··· INPUT ···
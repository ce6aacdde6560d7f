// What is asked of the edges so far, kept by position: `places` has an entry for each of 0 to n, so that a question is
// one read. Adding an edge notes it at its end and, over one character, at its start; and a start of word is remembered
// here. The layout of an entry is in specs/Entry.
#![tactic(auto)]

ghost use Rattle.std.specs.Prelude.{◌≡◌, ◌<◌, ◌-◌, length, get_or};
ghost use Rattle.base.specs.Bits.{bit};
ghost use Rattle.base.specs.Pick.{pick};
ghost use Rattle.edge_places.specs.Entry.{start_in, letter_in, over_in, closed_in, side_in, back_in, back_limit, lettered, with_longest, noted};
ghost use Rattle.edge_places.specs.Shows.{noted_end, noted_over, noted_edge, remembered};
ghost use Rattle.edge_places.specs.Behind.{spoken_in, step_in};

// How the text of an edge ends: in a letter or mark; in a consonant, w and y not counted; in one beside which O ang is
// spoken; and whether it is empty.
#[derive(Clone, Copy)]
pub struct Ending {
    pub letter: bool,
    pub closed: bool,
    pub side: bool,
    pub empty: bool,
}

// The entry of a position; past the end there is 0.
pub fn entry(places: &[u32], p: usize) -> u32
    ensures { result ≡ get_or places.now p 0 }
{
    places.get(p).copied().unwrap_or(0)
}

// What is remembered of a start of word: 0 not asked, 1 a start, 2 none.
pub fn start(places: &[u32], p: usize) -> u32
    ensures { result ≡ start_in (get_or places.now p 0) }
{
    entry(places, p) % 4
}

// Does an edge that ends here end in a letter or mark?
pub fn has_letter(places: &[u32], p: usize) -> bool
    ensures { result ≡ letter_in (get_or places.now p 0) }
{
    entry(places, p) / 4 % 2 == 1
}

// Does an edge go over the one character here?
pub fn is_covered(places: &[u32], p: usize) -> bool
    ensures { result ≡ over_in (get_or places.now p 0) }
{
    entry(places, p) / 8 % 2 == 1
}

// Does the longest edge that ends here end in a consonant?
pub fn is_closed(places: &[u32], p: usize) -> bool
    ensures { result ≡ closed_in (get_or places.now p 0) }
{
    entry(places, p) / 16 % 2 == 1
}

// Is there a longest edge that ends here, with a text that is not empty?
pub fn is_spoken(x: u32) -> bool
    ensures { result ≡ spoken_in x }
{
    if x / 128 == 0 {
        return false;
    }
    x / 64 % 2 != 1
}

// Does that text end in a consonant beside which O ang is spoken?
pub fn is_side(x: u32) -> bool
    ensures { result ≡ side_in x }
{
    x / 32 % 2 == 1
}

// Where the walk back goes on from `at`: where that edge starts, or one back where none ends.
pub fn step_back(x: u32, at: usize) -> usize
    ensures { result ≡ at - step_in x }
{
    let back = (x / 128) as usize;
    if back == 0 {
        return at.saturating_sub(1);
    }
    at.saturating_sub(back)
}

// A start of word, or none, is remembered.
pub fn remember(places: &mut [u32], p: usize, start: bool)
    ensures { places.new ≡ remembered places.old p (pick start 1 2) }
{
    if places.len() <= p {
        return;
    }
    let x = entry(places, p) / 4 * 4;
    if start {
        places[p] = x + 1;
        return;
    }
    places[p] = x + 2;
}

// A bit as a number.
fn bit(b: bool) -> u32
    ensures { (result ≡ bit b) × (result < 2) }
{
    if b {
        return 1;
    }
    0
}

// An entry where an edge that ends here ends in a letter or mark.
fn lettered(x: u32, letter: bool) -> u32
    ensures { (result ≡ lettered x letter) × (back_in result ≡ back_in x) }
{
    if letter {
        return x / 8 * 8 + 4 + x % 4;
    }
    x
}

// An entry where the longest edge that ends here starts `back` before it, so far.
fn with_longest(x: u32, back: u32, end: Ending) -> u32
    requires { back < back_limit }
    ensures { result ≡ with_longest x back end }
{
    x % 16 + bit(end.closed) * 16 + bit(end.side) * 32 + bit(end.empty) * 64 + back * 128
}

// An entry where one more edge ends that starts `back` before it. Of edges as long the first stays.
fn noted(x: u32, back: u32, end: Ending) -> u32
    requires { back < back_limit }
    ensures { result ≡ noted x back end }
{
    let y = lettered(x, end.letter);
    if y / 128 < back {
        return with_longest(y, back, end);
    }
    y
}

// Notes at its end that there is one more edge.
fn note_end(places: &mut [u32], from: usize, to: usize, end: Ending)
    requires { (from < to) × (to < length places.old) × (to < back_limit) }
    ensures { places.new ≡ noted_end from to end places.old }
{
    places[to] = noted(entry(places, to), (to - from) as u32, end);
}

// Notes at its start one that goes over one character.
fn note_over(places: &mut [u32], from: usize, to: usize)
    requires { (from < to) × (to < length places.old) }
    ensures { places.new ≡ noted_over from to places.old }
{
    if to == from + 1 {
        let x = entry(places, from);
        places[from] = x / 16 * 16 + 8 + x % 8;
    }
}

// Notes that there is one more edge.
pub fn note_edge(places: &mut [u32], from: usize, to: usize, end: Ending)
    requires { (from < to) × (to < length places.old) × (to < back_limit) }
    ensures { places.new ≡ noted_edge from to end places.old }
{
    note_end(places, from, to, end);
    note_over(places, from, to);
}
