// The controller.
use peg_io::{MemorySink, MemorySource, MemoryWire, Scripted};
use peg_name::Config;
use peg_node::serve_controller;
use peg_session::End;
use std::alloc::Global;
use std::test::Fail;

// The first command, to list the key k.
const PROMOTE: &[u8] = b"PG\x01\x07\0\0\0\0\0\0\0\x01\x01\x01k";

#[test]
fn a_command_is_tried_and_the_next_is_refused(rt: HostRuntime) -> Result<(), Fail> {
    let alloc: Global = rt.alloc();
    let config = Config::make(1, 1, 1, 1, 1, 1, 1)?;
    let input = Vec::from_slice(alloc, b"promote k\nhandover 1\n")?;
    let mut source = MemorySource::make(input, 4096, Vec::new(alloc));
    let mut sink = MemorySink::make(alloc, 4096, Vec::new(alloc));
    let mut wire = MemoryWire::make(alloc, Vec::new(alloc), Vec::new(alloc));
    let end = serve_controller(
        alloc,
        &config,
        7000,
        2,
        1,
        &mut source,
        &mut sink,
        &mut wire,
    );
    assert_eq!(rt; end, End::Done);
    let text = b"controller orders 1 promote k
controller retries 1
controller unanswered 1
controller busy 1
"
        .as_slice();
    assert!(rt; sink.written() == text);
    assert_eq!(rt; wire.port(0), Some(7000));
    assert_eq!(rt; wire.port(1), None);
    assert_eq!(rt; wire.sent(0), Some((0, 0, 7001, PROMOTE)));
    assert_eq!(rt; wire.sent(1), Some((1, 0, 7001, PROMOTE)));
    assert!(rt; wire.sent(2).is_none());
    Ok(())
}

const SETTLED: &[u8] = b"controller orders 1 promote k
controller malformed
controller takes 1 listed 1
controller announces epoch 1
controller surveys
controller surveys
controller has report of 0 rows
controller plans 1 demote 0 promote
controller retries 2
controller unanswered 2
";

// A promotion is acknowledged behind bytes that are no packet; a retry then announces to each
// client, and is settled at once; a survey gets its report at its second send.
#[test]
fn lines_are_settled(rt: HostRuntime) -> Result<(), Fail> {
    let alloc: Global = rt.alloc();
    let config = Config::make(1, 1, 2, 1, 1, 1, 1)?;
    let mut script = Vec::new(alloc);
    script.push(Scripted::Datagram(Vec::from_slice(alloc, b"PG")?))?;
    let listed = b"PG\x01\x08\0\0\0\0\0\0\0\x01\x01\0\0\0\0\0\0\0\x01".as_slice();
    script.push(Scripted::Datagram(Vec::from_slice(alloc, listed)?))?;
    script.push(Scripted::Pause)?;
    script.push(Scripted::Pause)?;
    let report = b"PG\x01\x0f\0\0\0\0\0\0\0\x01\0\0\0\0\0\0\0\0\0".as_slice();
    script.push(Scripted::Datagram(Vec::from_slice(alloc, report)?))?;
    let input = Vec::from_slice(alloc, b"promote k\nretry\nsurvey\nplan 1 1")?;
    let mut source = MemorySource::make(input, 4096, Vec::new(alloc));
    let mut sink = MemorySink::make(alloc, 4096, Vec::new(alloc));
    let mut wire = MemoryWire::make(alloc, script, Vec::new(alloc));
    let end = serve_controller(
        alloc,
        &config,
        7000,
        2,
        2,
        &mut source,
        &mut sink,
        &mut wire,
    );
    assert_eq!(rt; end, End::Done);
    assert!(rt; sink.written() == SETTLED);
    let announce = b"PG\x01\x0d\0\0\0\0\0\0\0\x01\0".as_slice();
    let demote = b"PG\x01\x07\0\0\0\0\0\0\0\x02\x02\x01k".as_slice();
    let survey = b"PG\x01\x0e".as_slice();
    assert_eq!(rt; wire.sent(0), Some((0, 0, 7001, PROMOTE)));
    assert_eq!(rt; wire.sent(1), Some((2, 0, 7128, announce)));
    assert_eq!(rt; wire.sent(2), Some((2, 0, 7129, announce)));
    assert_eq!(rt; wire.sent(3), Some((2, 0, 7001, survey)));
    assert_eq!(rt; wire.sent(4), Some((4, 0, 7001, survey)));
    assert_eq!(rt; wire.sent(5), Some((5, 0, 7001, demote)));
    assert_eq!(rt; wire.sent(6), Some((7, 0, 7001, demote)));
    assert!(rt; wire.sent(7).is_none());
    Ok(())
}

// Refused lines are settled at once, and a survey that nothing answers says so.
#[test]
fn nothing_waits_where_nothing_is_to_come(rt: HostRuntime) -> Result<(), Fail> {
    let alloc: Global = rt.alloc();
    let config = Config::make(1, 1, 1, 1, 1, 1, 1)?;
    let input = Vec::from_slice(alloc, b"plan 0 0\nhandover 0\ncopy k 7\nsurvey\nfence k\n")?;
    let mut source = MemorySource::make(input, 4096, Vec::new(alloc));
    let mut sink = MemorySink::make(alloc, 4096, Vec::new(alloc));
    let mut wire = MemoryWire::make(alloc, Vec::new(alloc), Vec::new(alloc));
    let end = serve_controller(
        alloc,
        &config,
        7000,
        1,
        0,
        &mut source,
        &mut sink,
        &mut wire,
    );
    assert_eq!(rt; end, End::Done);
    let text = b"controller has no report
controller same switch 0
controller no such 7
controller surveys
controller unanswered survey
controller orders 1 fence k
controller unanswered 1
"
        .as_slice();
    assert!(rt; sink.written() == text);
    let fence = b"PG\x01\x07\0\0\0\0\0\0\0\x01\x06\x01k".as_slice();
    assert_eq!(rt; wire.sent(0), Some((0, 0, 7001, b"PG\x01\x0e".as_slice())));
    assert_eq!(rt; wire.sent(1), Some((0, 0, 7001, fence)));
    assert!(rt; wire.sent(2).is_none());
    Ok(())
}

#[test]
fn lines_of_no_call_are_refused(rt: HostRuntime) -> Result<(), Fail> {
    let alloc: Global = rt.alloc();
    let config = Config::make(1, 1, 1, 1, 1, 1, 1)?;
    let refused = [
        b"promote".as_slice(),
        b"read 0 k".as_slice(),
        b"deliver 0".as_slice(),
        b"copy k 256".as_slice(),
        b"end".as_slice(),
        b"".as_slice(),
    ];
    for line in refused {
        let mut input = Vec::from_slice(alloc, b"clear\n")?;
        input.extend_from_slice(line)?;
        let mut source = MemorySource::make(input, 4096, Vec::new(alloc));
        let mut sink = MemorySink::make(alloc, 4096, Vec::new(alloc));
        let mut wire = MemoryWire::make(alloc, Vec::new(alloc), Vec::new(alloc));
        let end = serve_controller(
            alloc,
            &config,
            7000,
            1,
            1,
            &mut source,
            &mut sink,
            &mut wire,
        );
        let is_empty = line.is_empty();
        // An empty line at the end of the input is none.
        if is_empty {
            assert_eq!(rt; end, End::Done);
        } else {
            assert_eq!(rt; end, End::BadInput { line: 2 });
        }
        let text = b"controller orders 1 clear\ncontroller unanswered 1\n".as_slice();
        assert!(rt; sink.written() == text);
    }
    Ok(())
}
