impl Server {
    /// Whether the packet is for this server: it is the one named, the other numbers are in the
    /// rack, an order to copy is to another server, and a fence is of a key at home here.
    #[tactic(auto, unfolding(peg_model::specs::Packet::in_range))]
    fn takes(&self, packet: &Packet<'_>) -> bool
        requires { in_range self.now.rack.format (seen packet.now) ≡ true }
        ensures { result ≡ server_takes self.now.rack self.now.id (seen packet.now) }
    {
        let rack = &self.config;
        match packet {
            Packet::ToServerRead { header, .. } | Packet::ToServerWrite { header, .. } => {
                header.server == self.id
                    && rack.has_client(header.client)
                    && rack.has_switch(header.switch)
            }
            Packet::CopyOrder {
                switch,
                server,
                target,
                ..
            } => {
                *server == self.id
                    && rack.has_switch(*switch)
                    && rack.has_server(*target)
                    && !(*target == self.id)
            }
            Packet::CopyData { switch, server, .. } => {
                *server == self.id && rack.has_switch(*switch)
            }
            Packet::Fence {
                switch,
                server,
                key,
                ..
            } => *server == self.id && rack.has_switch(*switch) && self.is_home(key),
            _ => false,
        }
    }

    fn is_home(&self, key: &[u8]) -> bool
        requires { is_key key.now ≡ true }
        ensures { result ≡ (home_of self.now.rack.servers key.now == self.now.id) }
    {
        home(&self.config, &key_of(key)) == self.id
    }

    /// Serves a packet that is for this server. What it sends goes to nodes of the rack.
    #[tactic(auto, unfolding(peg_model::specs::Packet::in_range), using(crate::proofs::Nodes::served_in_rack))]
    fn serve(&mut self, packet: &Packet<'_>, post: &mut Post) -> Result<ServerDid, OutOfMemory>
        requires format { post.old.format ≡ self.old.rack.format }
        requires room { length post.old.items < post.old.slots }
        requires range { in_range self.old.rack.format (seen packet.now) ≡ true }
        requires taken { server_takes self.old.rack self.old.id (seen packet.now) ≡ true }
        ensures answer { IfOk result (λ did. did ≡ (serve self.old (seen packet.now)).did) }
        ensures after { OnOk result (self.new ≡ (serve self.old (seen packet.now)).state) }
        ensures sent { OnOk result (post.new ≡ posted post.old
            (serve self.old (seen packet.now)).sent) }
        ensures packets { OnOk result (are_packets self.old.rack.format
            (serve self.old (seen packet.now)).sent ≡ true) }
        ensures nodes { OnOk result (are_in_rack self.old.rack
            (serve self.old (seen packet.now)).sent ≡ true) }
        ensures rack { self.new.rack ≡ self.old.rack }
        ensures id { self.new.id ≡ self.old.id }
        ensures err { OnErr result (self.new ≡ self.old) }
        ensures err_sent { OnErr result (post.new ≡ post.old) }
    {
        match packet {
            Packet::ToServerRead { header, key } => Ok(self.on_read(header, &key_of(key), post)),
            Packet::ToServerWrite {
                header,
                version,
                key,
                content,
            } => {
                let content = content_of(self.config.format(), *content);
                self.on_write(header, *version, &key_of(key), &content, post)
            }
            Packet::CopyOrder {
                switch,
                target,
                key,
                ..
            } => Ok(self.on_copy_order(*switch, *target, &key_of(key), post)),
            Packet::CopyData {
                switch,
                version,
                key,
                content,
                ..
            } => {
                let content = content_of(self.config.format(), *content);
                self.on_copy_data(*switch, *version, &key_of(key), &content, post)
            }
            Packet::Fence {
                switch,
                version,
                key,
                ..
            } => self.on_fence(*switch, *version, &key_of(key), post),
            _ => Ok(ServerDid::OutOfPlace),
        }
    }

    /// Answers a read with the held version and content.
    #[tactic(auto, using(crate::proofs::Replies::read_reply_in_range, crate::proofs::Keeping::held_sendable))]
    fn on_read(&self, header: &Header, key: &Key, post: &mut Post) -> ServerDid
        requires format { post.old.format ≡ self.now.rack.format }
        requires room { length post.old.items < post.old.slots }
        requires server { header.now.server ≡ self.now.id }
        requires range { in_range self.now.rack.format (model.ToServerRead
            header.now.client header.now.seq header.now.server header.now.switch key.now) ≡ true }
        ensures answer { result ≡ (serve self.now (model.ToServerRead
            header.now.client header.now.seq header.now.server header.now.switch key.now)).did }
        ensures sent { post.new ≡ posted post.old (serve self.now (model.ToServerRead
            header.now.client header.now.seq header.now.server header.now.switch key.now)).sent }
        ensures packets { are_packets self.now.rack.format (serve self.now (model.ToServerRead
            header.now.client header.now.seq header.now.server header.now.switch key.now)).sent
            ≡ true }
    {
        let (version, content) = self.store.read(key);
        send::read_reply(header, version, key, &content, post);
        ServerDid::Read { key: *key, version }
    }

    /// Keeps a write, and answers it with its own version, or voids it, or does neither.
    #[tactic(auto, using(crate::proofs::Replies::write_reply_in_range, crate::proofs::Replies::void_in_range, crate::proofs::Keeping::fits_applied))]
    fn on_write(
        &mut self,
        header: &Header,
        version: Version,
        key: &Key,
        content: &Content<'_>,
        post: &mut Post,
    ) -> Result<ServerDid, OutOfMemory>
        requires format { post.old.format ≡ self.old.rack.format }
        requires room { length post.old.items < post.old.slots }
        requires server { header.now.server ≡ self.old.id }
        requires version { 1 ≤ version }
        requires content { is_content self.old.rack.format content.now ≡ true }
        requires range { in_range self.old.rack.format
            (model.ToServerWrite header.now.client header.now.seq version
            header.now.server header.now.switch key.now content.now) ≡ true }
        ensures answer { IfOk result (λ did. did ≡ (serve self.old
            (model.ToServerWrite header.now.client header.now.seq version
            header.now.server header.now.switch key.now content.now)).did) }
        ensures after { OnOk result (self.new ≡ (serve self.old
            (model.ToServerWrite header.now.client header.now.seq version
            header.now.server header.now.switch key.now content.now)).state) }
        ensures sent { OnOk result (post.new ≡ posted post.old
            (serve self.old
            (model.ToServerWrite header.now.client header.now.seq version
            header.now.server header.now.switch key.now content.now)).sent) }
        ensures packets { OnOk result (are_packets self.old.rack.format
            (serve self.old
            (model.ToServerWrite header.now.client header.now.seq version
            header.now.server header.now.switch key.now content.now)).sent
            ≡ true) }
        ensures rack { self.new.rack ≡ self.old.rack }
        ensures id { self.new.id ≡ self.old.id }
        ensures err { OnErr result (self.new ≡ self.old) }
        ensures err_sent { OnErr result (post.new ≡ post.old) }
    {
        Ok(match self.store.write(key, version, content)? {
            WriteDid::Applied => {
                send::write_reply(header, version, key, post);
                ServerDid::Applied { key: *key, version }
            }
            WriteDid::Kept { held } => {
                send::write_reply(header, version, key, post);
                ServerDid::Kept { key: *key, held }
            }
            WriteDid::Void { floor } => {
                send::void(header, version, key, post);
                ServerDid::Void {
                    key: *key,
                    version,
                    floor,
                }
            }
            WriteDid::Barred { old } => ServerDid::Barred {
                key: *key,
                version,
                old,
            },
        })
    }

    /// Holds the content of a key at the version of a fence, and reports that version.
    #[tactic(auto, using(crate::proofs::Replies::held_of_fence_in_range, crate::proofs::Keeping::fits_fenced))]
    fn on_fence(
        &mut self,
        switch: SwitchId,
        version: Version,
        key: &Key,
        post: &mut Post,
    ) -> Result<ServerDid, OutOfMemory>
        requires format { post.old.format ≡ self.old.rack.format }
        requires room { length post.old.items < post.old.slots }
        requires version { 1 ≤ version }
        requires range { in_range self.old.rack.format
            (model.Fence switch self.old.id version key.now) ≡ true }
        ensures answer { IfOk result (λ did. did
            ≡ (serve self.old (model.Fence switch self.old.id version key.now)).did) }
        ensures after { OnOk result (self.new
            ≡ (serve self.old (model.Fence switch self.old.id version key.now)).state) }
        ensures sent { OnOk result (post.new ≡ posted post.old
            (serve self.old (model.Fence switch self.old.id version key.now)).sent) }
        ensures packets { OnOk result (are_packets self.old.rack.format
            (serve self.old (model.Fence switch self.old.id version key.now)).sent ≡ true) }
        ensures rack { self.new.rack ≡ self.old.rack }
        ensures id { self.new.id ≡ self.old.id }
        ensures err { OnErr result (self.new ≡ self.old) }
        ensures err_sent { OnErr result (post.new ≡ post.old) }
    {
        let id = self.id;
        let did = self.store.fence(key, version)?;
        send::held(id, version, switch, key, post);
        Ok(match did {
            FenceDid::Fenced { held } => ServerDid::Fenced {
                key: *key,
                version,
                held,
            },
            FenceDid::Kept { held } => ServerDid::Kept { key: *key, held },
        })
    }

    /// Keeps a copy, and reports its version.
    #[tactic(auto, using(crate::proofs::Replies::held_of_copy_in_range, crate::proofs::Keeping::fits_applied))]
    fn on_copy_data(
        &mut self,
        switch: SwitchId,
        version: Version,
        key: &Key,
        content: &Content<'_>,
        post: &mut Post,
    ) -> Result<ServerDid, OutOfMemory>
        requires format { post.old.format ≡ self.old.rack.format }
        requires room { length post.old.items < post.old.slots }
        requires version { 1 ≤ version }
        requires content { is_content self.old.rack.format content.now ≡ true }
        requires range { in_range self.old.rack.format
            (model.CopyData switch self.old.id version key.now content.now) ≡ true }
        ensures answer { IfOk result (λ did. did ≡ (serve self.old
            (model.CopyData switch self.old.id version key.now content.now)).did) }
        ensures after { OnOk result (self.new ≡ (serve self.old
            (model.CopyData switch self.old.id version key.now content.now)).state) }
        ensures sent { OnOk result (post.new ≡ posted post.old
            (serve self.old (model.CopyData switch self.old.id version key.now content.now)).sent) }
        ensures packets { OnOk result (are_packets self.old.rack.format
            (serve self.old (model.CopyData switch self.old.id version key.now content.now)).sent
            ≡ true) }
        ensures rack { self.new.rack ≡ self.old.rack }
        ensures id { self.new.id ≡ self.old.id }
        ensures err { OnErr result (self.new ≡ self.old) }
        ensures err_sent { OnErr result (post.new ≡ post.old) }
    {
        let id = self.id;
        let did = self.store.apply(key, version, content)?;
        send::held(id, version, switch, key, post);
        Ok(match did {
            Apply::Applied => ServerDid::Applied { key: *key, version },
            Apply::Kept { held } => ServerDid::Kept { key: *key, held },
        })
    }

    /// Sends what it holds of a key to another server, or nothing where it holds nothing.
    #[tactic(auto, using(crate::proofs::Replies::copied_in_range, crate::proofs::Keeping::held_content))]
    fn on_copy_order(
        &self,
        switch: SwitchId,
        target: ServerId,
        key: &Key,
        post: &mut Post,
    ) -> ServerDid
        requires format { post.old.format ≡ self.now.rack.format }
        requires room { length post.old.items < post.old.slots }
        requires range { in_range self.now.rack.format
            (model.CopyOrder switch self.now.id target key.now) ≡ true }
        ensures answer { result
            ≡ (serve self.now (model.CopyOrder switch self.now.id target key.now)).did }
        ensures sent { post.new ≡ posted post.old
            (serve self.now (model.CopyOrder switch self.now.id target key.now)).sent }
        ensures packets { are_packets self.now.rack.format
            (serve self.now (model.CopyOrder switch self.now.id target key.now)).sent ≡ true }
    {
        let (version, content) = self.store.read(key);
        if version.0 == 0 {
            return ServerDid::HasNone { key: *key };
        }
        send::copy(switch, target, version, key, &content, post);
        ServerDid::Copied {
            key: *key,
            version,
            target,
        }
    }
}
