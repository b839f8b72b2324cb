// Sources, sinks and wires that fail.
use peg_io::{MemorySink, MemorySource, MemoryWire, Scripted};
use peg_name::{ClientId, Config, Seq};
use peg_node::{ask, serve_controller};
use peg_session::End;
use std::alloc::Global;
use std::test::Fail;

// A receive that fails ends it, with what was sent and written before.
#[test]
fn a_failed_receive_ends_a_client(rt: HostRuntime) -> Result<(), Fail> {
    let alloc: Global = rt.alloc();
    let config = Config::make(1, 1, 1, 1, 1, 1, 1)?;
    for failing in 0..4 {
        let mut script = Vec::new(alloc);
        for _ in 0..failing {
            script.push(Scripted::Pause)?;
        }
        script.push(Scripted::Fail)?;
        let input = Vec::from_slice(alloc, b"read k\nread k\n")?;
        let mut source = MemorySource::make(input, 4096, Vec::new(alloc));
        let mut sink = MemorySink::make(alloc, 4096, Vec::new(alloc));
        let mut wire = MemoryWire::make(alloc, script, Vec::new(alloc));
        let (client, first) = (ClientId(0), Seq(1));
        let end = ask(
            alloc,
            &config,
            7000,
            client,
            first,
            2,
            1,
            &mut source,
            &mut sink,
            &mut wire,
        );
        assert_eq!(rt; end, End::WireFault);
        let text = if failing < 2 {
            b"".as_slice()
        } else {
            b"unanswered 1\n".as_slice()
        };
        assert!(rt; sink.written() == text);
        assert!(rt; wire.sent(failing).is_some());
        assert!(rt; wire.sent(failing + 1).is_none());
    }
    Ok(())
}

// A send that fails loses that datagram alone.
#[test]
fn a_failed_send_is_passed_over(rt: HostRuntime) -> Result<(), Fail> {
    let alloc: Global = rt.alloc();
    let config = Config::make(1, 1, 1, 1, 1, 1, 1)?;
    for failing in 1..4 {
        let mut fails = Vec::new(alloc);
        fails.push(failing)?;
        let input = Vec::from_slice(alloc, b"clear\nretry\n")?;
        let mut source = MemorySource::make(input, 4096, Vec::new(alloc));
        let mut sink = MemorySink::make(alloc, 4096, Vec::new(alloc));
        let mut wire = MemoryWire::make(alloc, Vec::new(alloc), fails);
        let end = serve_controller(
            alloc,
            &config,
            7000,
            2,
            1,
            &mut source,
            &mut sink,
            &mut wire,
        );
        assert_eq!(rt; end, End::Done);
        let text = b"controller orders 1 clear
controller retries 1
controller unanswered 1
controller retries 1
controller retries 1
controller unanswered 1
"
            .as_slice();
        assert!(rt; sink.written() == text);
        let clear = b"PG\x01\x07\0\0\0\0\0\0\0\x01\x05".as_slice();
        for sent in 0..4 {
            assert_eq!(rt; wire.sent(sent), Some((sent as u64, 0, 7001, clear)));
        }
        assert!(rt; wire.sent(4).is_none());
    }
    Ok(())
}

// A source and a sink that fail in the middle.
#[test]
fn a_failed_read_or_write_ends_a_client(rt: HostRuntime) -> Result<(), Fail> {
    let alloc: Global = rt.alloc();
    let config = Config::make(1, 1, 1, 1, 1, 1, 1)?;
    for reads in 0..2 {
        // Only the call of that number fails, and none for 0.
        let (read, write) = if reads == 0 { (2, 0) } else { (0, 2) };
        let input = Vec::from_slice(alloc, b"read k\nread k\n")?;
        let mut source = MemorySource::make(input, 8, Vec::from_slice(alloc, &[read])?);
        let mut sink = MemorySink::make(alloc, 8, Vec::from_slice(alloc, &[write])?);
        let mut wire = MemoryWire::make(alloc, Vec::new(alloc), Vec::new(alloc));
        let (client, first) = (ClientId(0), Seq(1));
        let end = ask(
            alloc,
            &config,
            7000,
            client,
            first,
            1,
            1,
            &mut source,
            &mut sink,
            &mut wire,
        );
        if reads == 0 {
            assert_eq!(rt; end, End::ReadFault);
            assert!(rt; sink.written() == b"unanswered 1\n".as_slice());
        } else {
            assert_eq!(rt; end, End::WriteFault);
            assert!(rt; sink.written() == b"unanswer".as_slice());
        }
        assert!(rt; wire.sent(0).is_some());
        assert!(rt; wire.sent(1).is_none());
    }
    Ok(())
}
···
● **EXERCISE**
In the data above, find the line that contains "ang is spoken?", then reproduce exactly every line from the first line through that line.

● **SOLUTION FOR THIS EXERCISE**
repository ce6aacdde6560d7f
// What is asked of the edges so far, kept by position: `places` has an entry for each of 0 to n, so that a question is
// one read. Adding an edge notes it at its end and, over one character, at its start; and a start of word is remembered
// here. The layout of an entry is in specs/Entry.
#![tactic(auto)]

ghost use Rattle.std.specs.Prelude.{◌≡◌, ◌<◌, ◌-◌, length, get_or};
ghost use Rattle.base.specs.Bits.{bit};
ghost use Rattle.base.specs.Pick.{pick};
ghost use Rattle.edge_places.specs.Entry.{start_in, letter_in, over_in, closed_in, side_in, back_in, back_limit, lettered, with_longest, noted};
ghost use Rattle.edge_places.specs.Shows.{noted_end, noted_over, noted_edge, remembered};
ghost use Rattle.edge_places.specs.Behind.{spoken_in, step_in};

// How the text of an edge ends: in a letter or mark; in a consonant, w and y not counted; in one beside which O ang is
// spoken; and whether it is empty.
#[derive(Clone, Copy)]
pub struct Ending {
    pub letter: bool,
    pub closed: bool,
    pub side: bool,
    pub empty: bool,
}

// The entry of a position; past the end there is 0.
pub fn entry(places: &[u32], p: usize) -> u32
    ensures { result ≡ get_or places.now p 0 }
{
    places.get(p).copied().unwrap_or(0)
}

// What is remembered of a start of word: 0 not asked, 1 a start, 2 none.
pub fn start(places: &[u32], p: usize) -> u32
    ensures { result ≡ start_in (get_or places.now p 0) }
{
    entry(places, p) % 4
}

// Does an edge that ends here end in a letter or mark?
pub fn has_letter(places: &[u32], p: usize) -> bool
    ensures { result ≡ letter_in (get_or places.now p 0) }
{
    entry(places, p) / 4 % 2 == 1
}

// Does an edge go over the one character here?
pub fn is_covered(places: &[u32], p: usize) -> bool
    ensures { result ≡ over_in (get_or places.now p 0) }
{
    entry(places, p) / 8 % 2 == 1
}

// Does the longest edge that ends here end in a consonant?
pub fn is_closed(places: &[u32], p: usize) -> bool
    ensures { result ≡ closed_in (get_or places.now p 0) }
{
    entry(places, p) / 16 % 2 == 1
}

// Is there a longest edge that ends here, with a text that is not empty?
pub fn is_spoken(x: u32) -> bool
    ensures { result ≡ spoken_in x }
{
    if x / 128 == 0 {
        return false;
    }
    x / 64 % 2 != 1
}

// Does that text end in a consonant beside which O ang is spoken?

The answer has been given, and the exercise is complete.